(Collected data entries)
// What clauses know of a copy. No value of these is made.
ghost use base.Fml.{ftrue};
ghost use Rattle.atomic_table.specs.Seated.{TableId, table_id_coded};

use crate::told::{Tag, Told};
use col_core::View;
use std::collections::LinkedList;
use std::marker::Model;

/// Which column it is: what never changes of it, and the table of its turns.
pub struct ColumnName {
    pub tag: Option<Tag>,
    pub ghost table: { TableId } by { table_id_coded },
}

impl Model for ColumnName {
    ghost also_owns = { λ _. ftrue };
}

/// What a copy shows, the history that it shows, and the column whose history it is.
pub struct Shape {
    pub view: View,
    pub seen: LinkedList<Told>,
    pub column: ColumnName,
}
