// Whether a column had no stamp left for a client's floor, after some number of events from what it has seen.
fn had_no_stamp(subject: &Subject<'_>, client: u8, keeping: &Keeping, colour: u8) -> bool
    requires { client < length subject.now.report.clients }
    ensures { (kept : Kept) → IsCounted (replies_to subject.now.report client) kept keeping.now
        → colour < subject.now.script.shape.colours
        → Tells result (HadNoStamp (log_walked subject.now) (caller_of subject.now.script client) kept colour) }
{
    if colour >= subject.script().shape.colours {
        return false;
    }
    subject.agrees();
    let own = subject.own(client);
    let journal = subject.journal(own, colour);
    let track = subject.track(own, colour);
    track.agrees();
    keeping.seen(own, colour) <= journal.len() as u128 && is_at_end(journal, track, keeping.floor())
}

// Whether a column's base was this one, after some number of events from what a client has seen, and is not within its start.
fn is_trimmed(
    subject: &Subject<'_>,
    client: u8,
    keeping: &Keeping,
    colour: u8,
    base: Counts,
) -> bool
    requires { client < length subject.now.report.clients }
    ensures { (kept : Kept) → IsCounted (replies_to subject.now.report client) kept keeping.now
        → colour < subject.now.script.shape.colours
        → Tells result (IsTrimmed (log_walked subject.now) (caller_of subject.now.script client) kept colour base) }
{
    if colour >= subject.script().shape.colours {
        return false;
    }
    subject.agrees();
    let own = subject.own(client);
    let events = subject.journal(own, colour).len();
    let seen = keeping.seen(own, colour);
    if seen > events as u128 || base.is_within(keeping.start(colour)) {
        return false;
    }
    was_base(subject.track(own, colour), seen as u64, events as u64, base)
}

// ROWS

// Whether a mark is a fence for the stamps' end.
fn is_end(mark: Mark) -> bool
    ensures { result ≡ is_stamp_end_fence mark }
{
    match mark {
        Mark::None | Mark::Number(_) => false,
        Mark::Fenced(why) => match why {
            Why::Memory => false,
            Why::StampEnd => true,
        },
    }
}

// Whether a mark is such a fence exactly if it is of this colour; later colours may be either.
fn is_end_mark(mark: ColourMark, colour: u8) -> bool
    ensures { Tells result (IsEndMark colour mark) }
{
    mark.colour > colour || is_end(mark.mark) == (mark.colour == colour)
}
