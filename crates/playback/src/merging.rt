// The order of a region: the lines of its columns are merged, one after another.
ghost use Rattle.std.specs.Prelude.{◌≡◌, ◌≤◌, ◌∷◌, ◌++◌, List, length, take, drop, slice_get, IfOk, false};
ghost use Rattle.std.specs.List.{prefix_len};
ghost use Rattle.std.specs.Option.{option_map_or};
ghost use Rattle.log_node.specs.declared.ids.Key.{Key};
ghost use Rattle.log_node.specs.Order.{key_below, same_key};
ghost use Rattle.playback.specs.Merging.{merged, merged_behind, up_to, AreRising};

use log_node::Key;
use std::alloc::{AllocError, Global};

// How many keys at the front come before a key.
fn count_below(keys: &[Key], key: Key) -> usize
    ensures value { result ≡ prefix_len (λ other. key_below other key) keys.now }
    ensures bound { result ≤ length keys.now }
{
    keys.iter().take_while(|other| other.is_below(key)).count()
}

/// How many keys of a line have stamps up to this one: they are its first.
pub fn count_up_to(line: &[Key], stamp: u64) -> usize
    requires rising { AreRising line.now }
    ensures bound { result ≤ length line.now }
    ensures taken { take result line.now ≡ up_to stamp line.now }
{
    line.partition_point(|key| key.stamp <= stamp)
}

// Whether the key stands at a position.
fn stands_at(keys: &[Key], at: usize, key: Key) -> bool
    ensures { result ≡ option_map_or (λ other. same_key other key) (slice_get keys.now at) false }
{
    match keys.get(at) {
        Some(other) => other.is_same(key),
        None => false,
    }
}

// Takes from a position on the keys that come before a key, and then that key. Answers where those behind it begin.
fn take_to(all: &mut Vec<Key>, others: &[Key], from: usize, key: Key) -> Result<usize, AllocError>
    requires { from ≤ length others.now }
    ensures bound { IfOk result (λ next. next ≤ length others.now) }
    ensures ok { IfOk result (λ next. (rest : List Key → List Key)
        → all.new.items ++ rest (drop next others.now)
        ≡ all.old.items ++ merged_behind key rest (drop from others.now)) }
{
    let next = from + count_below(&others[from..], key);
    all.extend_from_slice(&others[from..next])?;
    all.push(key)?;
    if stands_at(others, next, key) {
        Ok(next + 1)
    } else {
        Ok(next)
    }
}

// Two lists in rising key as one, each key once.
fn merged(alloc: Global, keys: &[Key], others: &[Key]) -> Result<Vec<Key>, AllocError>
    ensures { IfOk result (λ all. all.items ≡ merged keys.now others.now) }
{
    let mut all = Vec::with_capacity(alloc, keys.len().saturating_add(others.len()))?;
    let mut next = 0;
    for key in keys {
        next = take_to(&mut all, others, next, *key)?;
    }
    all.extend_from_slice(&others[next..])?;
    Ok(all)
}

/// These keys with those of a line up to a stamp, in rising key, each once: so the lines of several columns are merged
/// one after another.
pub fn with_line(
    alloc: Global,
    keys: &[Key],
    line: &[Key],
    stamp: u64,
) -> Result<Vec<Key>, AllocError>
    requires rising { AreRising line.now }
    ensures { IfOk result (λ all. all.items ≡ merged keys.now (up_to stamp line.now)) }
{
    let count = count_up_to(line, stamp);
    merged(alloc, keys, &line[..count])
}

== EXERCISE BRIEF ==
Find all the lines with "stamps" in the data and copy them.

== OUTPUT FOR THIS EXERCISE ==
// Whether a mark is a fence for the stamps' end.
/// How many keys of a line have stamps up to this one: they are its first.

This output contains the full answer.